• [Stored data entries]:
※
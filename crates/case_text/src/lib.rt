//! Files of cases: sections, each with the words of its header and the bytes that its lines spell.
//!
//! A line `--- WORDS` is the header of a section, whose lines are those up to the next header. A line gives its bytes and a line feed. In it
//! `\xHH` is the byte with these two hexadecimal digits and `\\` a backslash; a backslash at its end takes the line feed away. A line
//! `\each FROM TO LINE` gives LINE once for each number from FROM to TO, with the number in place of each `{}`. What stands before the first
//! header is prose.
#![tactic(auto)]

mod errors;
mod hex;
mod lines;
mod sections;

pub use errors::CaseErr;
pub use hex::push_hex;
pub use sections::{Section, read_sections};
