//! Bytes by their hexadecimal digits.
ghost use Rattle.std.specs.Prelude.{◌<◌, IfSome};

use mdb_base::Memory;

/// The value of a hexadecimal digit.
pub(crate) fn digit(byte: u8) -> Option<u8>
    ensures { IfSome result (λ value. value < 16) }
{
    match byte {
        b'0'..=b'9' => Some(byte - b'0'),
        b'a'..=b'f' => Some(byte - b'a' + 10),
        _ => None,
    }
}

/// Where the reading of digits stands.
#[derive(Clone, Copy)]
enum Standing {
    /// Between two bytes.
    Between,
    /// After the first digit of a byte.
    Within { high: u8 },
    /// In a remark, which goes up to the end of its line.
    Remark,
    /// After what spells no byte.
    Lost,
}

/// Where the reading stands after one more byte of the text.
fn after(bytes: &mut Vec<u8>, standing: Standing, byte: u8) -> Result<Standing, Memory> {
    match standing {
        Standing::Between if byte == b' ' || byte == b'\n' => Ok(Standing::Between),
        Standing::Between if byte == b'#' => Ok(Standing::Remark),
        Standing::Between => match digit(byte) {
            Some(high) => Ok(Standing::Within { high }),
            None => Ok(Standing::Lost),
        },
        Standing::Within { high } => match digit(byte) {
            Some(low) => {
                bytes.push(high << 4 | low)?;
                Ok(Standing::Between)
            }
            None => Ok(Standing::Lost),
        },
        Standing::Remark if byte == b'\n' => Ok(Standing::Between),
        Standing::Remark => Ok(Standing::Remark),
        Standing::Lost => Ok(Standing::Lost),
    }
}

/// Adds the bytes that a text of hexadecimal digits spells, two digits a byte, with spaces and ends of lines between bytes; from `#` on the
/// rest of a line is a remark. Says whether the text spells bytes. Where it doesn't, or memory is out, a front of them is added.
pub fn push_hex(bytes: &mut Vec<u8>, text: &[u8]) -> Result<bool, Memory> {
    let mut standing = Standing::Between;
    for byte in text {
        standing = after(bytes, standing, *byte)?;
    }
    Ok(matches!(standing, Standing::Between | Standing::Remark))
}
※
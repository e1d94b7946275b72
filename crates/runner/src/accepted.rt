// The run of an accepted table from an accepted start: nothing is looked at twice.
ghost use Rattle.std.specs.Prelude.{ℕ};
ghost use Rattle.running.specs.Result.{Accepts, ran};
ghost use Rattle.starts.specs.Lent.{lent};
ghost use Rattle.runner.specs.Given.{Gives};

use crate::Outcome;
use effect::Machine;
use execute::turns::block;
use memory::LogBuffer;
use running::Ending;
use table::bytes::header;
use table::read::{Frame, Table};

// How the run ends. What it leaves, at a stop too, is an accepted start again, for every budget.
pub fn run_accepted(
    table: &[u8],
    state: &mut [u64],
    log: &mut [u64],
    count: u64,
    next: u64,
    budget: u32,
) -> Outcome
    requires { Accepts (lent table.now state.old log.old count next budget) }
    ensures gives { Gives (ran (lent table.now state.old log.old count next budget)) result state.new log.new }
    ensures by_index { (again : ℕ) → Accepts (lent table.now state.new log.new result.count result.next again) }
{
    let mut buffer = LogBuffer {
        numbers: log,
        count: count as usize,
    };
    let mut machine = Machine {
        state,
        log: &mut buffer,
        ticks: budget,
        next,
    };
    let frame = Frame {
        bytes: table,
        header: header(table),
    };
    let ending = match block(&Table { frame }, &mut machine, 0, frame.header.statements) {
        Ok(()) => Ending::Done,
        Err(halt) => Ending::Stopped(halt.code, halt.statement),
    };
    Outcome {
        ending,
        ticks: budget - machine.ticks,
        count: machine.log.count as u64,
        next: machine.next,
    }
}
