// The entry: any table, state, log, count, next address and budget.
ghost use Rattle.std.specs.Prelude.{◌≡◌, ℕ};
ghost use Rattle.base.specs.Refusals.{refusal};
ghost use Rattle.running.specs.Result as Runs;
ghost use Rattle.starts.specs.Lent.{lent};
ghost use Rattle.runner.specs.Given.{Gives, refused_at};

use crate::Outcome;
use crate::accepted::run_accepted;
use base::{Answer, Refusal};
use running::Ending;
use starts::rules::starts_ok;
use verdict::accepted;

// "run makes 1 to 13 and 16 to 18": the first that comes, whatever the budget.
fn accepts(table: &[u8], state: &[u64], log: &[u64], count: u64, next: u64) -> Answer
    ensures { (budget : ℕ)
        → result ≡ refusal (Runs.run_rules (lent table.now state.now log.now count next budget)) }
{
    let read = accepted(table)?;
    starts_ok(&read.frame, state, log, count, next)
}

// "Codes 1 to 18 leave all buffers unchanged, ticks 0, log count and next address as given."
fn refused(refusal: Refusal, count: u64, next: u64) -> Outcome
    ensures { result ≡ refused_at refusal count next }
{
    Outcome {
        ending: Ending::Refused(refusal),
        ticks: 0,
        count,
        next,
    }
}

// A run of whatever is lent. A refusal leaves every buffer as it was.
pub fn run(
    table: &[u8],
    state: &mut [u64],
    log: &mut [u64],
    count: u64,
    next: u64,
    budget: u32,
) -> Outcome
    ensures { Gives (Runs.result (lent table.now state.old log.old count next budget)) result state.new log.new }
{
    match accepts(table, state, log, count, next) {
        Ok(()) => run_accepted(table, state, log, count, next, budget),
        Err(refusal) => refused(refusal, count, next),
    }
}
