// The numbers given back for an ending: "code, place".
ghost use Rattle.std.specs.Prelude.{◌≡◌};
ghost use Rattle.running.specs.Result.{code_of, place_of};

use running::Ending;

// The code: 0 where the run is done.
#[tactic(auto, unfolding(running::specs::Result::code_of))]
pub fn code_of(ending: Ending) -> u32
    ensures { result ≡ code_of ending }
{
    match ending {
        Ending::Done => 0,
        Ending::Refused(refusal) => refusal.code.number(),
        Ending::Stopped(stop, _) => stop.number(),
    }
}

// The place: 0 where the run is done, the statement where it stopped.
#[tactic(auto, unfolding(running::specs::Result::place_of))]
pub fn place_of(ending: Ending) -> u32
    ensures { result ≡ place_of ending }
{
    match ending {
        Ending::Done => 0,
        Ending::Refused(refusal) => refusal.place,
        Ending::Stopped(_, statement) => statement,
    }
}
※
• [Exercise directions]:
Work out the number of lines in the entries above that hold the word "ghost", giving the number without comment.

• [Result of this task]:
12